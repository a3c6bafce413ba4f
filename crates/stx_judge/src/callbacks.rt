// The statements that no callback may hold.
ghost use Rattle.std.specs.Prelude.{◌≡◌, ◌<◌, ◌++◌, length, true, false, OnOk, IfOk, option_copied};
ghost use Rattle.std.specs.Option.{option_map_or};
ghost use Rattle.stx_base.specs.Attributes.{attribute};
ghost use Rattle.stx_base.specs.Classes.{parents_of};
ghost use Rattle.stx_scenario.specs.declared.classes.TheConstants.{TRANSACTION_EXCEPTION as transaction_exception};
ghost use Rattle.stx_refusals.specs.declared.fault.Stage.{Stage as Kind};
ghost use Rattle.stx_refusals.specs.Faults.{refused, unless, under as path_under, entry as path_of_entry};
ghost use Rattle.stx_base.specs.Valid.{names_known, allowed_before_commit, allowed_around, allowed_in, is_new, AreKnown, SyncInOrder, ListenerInOrder, PlacesInOrder};
ghost use Rattle.stx_judge.specs.Judge.{disallowed, sync_callback_faults, listener_callback_faults, callback_faults};
ghost use Rattle.stx_judge.specs.Stages.{callback_refusal};

use crate::checks::{Checks, Faults, check_each};
use std::alloc::Global;
use stx_classes::ClassTree;
use stx_refusals::{Argument, Fault, ReadFault, Stage, check_entry, entry, first_at, under};
use stx_scenario::{
    List, Listener, MethodNo, NoMemory, Phase, Propagation, Scenario, Stmt, SyncDecl,
    TRANSACTION_EXCEPTION, TxAttr,
};

/// The first statement that its callback may not hold.
pub fn callback_fault(
    alloc: Global,
    scenario: &Scenario,
    tree: &ClassTree,
) -> Result<Option<ReadFault>, NoMemory>
    requires tree { tree.now ≡ parents_of scenario.now.classes }
    requires built_in { TRANSACTION_EXCEPTION.0 < length scenario.now.classes }
    requires order { PlacesInOrder scenario.now }
    ensures { IfOk result (λ fault. fault ≡ callback_refusal scenario.now) }
{
    let callbacks = Callbacks {
        alloc,
        scenario,
        tree,
    };
    let faults = callbacks.faults()?;
    first_at(alloc, Stage::CallbackBody, faults.as_slice())
}

/// The callbacks of a scenario, with the tree of its classes.
#[derive(Drop)]
struct Callbacks<'a> {
    alloc: Global,
    scenario: &'a Scenario,
    tree: &'a ClassTree,
    ghost tree_is: { tree.now ≡ parents_of scenario.now.classes },
    ghost built_in: { transaction_exception.0 < length scenario.now.classes },
}

impl<'a> Callbacks<'a> {
    #[tactic(auto, unfolding(crate::specs::Judge::callback_faults))]
    fn faults(&self) -> Result<List<Fault>, NoMemory>
        requires { PlacesInOrder self.now.scenario.now }
        ensures { IfOk result (λ faults. faults ≡ callback_faults self.now.scenario.now) }
    {
        let mut faults = List::new(self.alloc);
        check_each(&mut faults, self, self.scenario.syncs.as_slice())?;
        check_each(&mut faults, self, self.scenario.listeners.as_slice())?;
        Ok(faults)
    }

    // The body under a key of the table at a path. All callbacks but those before the commit may hold the same.
    fn check_body(
        &self,
        faults: &mut Faults,
        phase: Phase,
        path: &Argument,
        key: &str,
        body: &List<Stmt>,
    ) -> Result<(), NoMemory>
        requires { AreKnown self.now.scenario.now body.now }
        ensures { OnOk result (faults.new ≡ faults.old ++ disallowed (allowed_in phase self.now.scenario.now) (path_under path.now key.now) body.now) }
    {
        let path = under(self.alloc, path.as_str(), key)?;
        let statements = Body {
            callbacks: self,
            phase,
            path: path.as_str(),
        };
        check_each(faults, &statements, body.as_slice())
    }

    fn is_allowed(&self, phase: Phase, statement: Stmt) -> bool
        requires { names_known self.now.scenario.now statement ≡ true }
        ensures { result ≡ allowed_in phase self.now.scenario.now statement }
    {
        match phase {
            Phase::BeforeCommit => self.is_allowed_before_commit(statement),
            _ => is_allowed_around(self.scenario, statement),
        }
    }

    // Statements on rows, and throws of classes that are no TransactionException.
    fn is_allowed_before_commit(&self, statement: Stmt) -> bool
        requires { names_known self.now.scenario.now statement ≡ true }
        ensures { result ≡ allowed_before_commit self.now.scenario.now statement }
    {
        match statement {
            Stmt::Read(_) => true,
            Stmt::Write(_, _) => true,
            Stmt::Erase(_) => true,
            Stmt::Add(_, _) => true,
            Stmt::Need(_, _) => true,
            Stmt::Throw(class) => !self.tree.is_below(class, TRANSACTION_EXCEPTION),
            _ => false,
        }
    }
}

impl<'a> Checks<SyncDecl> for Callbacks<'a> {
    ghost can_check = { λ callbacks. SyncInOrder callbacks.scenario.now };

    ghost finds = { λ callbacks. sync_callback_faults callbacks.scenario.now };

    fn check(&self, faults: &mut Faults, at: usize, sync: &SyncDecl) -> Result<(), NoMemory> {
        let path = &entry(self.alloc, "syncs", at)?;
        let before = Phase::BeforeCommit;
        let around = Phase::AfterCompletion;
        self.check_body(faults, before, path, "before_commit", &sync.before_commit)?;
        self.check_body(
            faults,
            around,
            path,
            "before_completion",
            &sync.before_completion,
        )?;
        self.check_body(faults, around, path, "after_commit", &sync.after_commit)?;
        self.check_body(
            faults,
            around,
            path,
            "after_completion",
            &sync.after_completion,
        )?;
        Ok(())
    }
}

impl<'a> Checks<Listener> for Callbacks<'a> {
    ghost can_check = { λ callbacks. ListenerInOrder callbacks.scenario.now };

    ghost finds = { λ callbacks. listener_callback_faults callbacks.scenario.now };

    fn check(&self, faults: &mut Faults, at: usize, listener: &Listener) -> Result<(), NoMemory> {
        let path = &entry(self.alloc, "listeners", at)?;
        self.check_body(faults, listener.phase, path, "body", &listener.body)
    }
}

/// The body at a path, of a callback in a phase.
#[derive(Drop)]
struct Body<'a> {
    callbacks: &'a Callbacks<'a>,
    phase: Phase,
    path: &'a str,
}

impl<'a> Checks<Stmt> for Body<'a> {
    ghost can_check = { λ body s. names_known body.callbacks.now.scenario.now s ≡ true };

    ghost finds = { λ body n s. refused (path_of_entry body.path.now n) (unless (allowed_in body.phase body.callbacks.now.scenario.now s) Kind.CallbackBody) };

    fn check(&self, faults: &mut Faults, at: usize, statement: &Stmt) -> Result<(), NoMemory> {
        let passed = self.callbacks.is_allowed(self.phase, *statement);
        check_entry(
            self.callbacks.alloc,
            faults,
            self.path,
            at,
            passed,
            Stage::CallbackBody,
        )
    }
}

// Throws, and calls that begin a transaction of their own (the Javadoc of `TransactionSynchronization.afterCommit`
// advises `PROPAGATION_REQUIRES_NEW`).
fn is_allowed_around(scenario: &Scenario, statement: Stmt) -> bool
    requires { names_known scenario.now statement ≡ true }
    ensures { result ≡ allowed_around scenario.now statement }
{
    match statement {
        Stmt::Throw(_) => true,
        Stmt::Call { method, .. } => is_new(scenario, method),
        _ => false,
    }
}

fn is_new(scenario: &Scenario, method: MethodNo) -> bool
    requires { method.0 < length scenario.now.methods }
    ensures { result ≡ option_map_or (λ tx. is_new tx.propagation) (attribute scenario.now method) false }
{
    match attribute(scenario, method) {
        Some(tx) => matches!(tx.propagation, Propagation::RequiresNew),
        None => false,
    }
}

// The attribute of a method: its own, or else its bean's (`AbstractFallbackTransactionAttributeSource`).
fn attribute(scenario: &Scenario, method: MethodNo) -> Option<&TxAttr>
    requires { method.0 < length scenario.now.methods }
    ensures { option_copied result ≡ attribute scenario.now method }
{
    let method = scenario.method(method);
    if let Some(tx) = &method.tx {
        return Some(tx);
    }
    match scenario.beans.get(method.bean.0 as usize) {
        Some(bean) => bean.tx.as_ref(),
        None => None,
    }
}
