//! Judges a scenario that is a value: whether it is valid, and else why it is refused.
#![tactic(auto)]

mod arrays;
mod callbacks;
mod calls;
mod checks;
mod classes;
mod judging;
mod laws;
mod parts;
mod references;
mod stages;
mod tables;
mod texts;

pub use judging::{judge, judged, looked_up_fault, unknown_reference};
pub use laws::{cycles_are_ways, valid_is_in_order};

**TASK TO CARRY OUT:** Scan the entries above and return each line that holds "specs".

**TASK ANSWER:**
ghost use Rattle.std.specs.Prelude.{◌≡◌, ◌<◌, ◌++◌, length, true, false, OnOk, IfOk, option_copied};
ghost use Rattle.std.specs.Option.{option_map_or};
ghost use Rattle.stx_base.specs.Attributes.{attribute};
ghost use Rattle.stx_base.specs.Classes.{parents_of};
ghost use Rattle.stx_scenario.specs.declared.classes.TheConstants.{TRANSACTION_EXCEPTION as transaction_exception};
ghost use Rattle.stx_refusals.specs.declared.fault.Stage.{Stage as Kind};
ghost use Rattle.stx_refusals.specs.Faults.{refused, unless, under as path_under, entry as path_of_entry};
ghost use Rattle.stx_base.specs.Valid.{names_known, allowed_before_commit, allowed_around, allowed_in, is_new, AreKnown, SyncInOrder, ListenerInOrder, PlacesInOrder};
ghost use Rattle.stx_judge.specs.Judge.{disallowed, sync_callback_faults, listener_callback_faults, callback_faults};
ghost use Rattle.stx_judge.specs.Stages.{callback_refusal};
    #[tactic(auto, unfolding(crate::specs::Judge::callback_faults))]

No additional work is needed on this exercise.